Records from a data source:
::::::::::

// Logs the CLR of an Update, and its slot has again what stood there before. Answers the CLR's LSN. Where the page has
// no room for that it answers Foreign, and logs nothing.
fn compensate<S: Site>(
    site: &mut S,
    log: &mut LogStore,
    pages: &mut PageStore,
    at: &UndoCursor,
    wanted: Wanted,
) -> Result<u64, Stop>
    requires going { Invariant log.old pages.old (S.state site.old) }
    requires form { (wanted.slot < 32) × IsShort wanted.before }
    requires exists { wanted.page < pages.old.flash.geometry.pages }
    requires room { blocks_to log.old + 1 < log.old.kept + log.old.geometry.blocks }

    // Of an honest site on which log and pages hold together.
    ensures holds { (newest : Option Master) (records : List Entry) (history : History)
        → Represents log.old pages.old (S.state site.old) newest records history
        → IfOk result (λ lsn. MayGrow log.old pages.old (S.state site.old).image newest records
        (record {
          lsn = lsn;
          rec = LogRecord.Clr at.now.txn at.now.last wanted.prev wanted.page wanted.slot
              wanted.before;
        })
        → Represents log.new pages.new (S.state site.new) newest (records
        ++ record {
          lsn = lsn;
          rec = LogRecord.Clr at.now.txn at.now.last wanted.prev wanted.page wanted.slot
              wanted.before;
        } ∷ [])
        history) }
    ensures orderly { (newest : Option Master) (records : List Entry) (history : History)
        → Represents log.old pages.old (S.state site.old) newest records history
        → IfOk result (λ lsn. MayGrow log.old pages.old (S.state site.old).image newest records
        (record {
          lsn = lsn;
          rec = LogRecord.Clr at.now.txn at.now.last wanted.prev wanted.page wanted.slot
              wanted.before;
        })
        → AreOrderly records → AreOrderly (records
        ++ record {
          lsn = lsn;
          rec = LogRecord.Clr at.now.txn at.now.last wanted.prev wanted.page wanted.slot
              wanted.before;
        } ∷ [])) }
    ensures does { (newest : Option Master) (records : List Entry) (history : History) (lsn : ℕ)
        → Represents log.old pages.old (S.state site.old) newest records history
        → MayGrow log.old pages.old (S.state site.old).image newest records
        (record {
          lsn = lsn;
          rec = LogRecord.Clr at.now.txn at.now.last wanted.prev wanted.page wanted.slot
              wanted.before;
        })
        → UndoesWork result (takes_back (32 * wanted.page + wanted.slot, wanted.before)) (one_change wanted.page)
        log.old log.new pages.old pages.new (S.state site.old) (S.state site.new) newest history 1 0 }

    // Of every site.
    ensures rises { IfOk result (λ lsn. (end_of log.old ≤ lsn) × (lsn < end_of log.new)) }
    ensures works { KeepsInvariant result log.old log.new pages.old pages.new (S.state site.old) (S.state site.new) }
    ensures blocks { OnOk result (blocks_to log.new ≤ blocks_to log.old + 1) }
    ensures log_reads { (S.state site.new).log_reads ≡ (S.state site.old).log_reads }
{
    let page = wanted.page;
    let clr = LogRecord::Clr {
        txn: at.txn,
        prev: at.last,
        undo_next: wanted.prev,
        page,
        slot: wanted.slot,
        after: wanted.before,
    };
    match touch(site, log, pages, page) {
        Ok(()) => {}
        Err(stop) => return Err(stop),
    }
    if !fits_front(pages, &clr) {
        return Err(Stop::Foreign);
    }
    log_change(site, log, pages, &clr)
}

::::::::::

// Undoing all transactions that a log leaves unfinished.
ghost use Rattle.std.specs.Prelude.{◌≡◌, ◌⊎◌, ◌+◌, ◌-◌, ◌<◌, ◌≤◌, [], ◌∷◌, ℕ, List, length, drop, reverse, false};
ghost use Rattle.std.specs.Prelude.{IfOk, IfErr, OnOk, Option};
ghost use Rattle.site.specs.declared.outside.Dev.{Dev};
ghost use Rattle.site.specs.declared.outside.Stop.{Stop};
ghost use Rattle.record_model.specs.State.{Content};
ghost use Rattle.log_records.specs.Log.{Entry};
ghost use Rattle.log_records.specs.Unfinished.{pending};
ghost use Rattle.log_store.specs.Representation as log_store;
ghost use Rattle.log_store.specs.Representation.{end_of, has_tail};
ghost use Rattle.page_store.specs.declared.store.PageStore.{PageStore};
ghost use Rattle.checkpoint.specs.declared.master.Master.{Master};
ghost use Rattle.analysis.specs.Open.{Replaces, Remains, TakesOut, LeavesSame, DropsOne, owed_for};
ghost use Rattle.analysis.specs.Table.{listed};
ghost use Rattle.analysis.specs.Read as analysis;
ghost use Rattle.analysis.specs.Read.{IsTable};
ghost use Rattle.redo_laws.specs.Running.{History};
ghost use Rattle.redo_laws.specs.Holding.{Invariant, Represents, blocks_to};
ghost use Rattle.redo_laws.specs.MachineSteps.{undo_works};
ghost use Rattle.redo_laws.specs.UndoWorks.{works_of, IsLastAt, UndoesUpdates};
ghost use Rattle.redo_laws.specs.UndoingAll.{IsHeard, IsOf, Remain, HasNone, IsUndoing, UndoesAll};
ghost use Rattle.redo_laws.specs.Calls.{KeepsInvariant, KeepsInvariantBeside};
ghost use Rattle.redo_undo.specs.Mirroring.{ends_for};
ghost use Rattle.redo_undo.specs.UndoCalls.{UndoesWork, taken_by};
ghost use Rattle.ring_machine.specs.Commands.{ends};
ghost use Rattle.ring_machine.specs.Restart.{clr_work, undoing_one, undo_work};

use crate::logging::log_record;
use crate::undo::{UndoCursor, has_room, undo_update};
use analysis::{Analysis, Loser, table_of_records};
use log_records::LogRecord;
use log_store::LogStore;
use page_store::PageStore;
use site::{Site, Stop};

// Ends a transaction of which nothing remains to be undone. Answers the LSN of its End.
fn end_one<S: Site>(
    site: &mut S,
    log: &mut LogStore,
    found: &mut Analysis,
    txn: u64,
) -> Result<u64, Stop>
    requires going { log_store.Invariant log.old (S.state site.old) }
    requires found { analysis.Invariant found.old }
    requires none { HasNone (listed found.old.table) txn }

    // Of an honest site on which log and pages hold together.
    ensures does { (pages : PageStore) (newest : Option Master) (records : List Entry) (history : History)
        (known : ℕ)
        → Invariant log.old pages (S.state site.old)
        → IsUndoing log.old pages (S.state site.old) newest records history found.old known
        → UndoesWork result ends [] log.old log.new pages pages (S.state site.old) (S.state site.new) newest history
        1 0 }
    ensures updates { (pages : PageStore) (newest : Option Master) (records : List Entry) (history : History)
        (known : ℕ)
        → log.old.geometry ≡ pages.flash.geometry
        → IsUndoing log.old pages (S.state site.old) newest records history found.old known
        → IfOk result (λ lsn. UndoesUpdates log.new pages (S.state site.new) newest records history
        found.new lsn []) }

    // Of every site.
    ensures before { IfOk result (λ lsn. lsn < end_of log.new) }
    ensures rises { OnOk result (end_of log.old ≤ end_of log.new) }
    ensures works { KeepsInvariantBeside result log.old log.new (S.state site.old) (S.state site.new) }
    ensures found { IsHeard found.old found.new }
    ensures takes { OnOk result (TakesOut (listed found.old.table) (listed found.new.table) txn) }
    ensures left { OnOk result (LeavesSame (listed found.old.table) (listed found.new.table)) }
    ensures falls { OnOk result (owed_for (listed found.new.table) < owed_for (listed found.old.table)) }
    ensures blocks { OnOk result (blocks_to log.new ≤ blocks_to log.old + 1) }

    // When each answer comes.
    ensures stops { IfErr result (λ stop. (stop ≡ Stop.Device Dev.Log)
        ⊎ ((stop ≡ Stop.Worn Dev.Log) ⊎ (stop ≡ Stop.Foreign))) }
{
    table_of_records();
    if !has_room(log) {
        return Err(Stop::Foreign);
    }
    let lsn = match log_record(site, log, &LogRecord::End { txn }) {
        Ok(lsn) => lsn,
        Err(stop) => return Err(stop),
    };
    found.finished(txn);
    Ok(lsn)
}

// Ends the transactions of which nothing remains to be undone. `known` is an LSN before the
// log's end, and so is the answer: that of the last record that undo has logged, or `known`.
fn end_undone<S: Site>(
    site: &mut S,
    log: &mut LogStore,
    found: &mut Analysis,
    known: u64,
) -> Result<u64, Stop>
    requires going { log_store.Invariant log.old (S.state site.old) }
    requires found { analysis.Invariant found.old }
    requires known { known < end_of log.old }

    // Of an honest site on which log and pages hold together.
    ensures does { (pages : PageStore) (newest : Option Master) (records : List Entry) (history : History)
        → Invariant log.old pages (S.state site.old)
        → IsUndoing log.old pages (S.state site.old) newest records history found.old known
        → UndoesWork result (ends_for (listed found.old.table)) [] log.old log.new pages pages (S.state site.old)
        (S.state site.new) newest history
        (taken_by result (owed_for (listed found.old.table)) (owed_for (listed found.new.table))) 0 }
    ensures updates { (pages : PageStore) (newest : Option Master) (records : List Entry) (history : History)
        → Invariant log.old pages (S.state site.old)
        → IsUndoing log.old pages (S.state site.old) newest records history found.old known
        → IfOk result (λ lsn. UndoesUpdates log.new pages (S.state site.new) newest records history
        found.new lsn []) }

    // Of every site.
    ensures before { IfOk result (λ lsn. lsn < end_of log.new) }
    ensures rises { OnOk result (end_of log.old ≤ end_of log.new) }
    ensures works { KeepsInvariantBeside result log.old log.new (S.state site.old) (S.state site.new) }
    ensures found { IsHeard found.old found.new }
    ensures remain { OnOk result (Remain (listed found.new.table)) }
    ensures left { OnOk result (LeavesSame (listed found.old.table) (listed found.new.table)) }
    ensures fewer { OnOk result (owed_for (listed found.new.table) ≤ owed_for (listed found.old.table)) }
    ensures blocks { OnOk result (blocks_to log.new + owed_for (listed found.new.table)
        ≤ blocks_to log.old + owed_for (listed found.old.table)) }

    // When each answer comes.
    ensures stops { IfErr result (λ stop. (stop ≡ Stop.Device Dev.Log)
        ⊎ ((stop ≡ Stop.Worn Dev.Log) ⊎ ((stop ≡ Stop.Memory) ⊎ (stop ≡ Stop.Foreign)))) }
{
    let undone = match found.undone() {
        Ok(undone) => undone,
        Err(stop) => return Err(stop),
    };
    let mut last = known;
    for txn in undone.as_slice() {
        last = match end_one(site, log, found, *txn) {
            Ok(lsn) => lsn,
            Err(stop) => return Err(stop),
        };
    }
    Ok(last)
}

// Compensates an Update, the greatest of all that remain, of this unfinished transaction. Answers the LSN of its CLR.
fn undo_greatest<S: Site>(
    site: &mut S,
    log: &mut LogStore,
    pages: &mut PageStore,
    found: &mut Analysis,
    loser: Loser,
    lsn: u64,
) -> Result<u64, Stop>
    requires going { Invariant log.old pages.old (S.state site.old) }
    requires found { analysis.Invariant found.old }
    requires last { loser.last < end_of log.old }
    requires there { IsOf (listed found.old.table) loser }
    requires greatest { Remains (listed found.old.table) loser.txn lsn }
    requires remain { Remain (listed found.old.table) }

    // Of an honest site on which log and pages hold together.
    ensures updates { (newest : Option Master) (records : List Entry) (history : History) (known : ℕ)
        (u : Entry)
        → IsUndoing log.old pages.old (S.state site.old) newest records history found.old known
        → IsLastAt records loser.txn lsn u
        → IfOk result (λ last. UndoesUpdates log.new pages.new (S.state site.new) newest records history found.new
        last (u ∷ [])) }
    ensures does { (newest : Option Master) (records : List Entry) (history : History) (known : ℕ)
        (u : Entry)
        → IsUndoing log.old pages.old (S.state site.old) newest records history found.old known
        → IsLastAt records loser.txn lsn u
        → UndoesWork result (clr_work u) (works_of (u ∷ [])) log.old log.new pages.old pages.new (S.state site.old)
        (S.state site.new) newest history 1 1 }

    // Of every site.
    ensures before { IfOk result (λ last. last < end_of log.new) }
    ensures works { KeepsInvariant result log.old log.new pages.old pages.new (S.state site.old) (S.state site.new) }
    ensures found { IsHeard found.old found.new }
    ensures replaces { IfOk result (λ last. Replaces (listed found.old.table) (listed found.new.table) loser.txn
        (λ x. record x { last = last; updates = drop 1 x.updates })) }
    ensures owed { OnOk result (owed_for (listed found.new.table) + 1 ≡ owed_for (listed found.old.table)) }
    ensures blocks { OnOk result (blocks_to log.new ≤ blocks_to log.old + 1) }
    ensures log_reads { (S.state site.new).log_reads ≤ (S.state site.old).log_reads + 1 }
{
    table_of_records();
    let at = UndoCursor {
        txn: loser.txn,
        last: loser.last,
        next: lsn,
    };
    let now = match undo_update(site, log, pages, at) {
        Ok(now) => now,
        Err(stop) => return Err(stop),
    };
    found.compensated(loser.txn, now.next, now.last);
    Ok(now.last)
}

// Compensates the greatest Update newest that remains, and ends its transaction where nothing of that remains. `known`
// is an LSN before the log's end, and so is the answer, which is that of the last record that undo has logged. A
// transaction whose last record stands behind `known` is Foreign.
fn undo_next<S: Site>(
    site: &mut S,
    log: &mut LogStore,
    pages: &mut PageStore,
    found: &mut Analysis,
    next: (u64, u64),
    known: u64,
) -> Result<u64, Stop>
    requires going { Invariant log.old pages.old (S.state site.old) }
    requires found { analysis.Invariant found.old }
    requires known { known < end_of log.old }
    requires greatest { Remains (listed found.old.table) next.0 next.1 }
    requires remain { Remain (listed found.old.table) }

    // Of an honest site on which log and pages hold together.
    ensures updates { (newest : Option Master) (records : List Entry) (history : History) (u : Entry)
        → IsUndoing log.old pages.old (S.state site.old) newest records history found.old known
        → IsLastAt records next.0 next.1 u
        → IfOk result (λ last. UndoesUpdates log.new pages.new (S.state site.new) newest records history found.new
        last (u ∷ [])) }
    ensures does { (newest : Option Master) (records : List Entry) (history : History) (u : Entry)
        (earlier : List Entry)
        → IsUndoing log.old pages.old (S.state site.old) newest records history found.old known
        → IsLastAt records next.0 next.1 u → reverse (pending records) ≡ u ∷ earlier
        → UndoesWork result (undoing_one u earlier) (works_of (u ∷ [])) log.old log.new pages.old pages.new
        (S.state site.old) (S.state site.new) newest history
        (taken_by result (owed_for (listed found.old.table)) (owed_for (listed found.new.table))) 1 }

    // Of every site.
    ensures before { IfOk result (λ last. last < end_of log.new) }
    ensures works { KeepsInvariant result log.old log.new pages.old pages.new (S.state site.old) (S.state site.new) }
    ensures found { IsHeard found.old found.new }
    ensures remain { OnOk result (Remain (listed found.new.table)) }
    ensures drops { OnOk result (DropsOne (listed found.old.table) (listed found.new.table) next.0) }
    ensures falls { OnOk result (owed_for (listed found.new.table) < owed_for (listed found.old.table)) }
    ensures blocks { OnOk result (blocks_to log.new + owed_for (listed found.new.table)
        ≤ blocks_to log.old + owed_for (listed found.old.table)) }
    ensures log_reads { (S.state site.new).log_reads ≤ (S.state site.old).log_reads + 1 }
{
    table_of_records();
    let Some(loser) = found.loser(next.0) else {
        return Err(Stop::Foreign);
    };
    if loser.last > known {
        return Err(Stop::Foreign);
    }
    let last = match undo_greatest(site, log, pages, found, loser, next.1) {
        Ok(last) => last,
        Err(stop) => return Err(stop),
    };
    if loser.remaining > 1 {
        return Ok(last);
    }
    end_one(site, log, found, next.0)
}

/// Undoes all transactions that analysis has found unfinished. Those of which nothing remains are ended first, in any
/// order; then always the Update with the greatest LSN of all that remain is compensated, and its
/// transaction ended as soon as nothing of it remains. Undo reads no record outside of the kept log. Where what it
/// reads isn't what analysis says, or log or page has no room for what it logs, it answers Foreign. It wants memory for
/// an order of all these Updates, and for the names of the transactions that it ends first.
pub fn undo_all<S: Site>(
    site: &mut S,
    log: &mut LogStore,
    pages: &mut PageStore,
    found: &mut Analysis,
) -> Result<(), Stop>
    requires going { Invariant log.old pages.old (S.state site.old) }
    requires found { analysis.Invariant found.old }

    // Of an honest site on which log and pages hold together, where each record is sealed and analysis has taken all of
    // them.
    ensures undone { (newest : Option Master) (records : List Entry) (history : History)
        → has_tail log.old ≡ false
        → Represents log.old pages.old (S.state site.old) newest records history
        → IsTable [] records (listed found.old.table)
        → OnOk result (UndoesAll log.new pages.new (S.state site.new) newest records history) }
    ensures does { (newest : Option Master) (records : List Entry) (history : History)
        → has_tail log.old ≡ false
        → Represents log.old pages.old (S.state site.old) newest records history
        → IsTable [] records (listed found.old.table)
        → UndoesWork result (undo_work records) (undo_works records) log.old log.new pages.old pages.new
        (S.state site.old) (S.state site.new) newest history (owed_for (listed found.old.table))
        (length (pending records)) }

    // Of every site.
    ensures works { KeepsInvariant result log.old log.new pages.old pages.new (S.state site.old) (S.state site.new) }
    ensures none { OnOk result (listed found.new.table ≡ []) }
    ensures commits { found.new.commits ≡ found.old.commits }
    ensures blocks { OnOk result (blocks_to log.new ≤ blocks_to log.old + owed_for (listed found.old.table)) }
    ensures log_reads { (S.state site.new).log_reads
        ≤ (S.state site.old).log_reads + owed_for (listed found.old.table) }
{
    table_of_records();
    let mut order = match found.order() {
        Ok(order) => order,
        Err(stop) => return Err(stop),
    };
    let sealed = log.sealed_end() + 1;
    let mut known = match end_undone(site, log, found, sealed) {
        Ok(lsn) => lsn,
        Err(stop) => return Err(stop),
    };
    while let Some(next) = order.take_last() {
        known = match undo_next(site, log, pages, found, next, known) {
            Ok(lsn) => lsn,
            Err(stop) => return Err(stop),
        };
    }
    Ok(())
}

::::::::::

WHAT YOU NEED TO DO — Go through the entries and return each line where the word "DropsOne" occurs.

RESPONSE BOX —
ghost use Rattle.analysis.specs.Open.{Replaces, Remains, TakesOut, LeavesSame, DropsOne, owed_for};
    ensures drops { OnOk result (DropsOne (listed found.old.table) (listed found.new.table) next.0) }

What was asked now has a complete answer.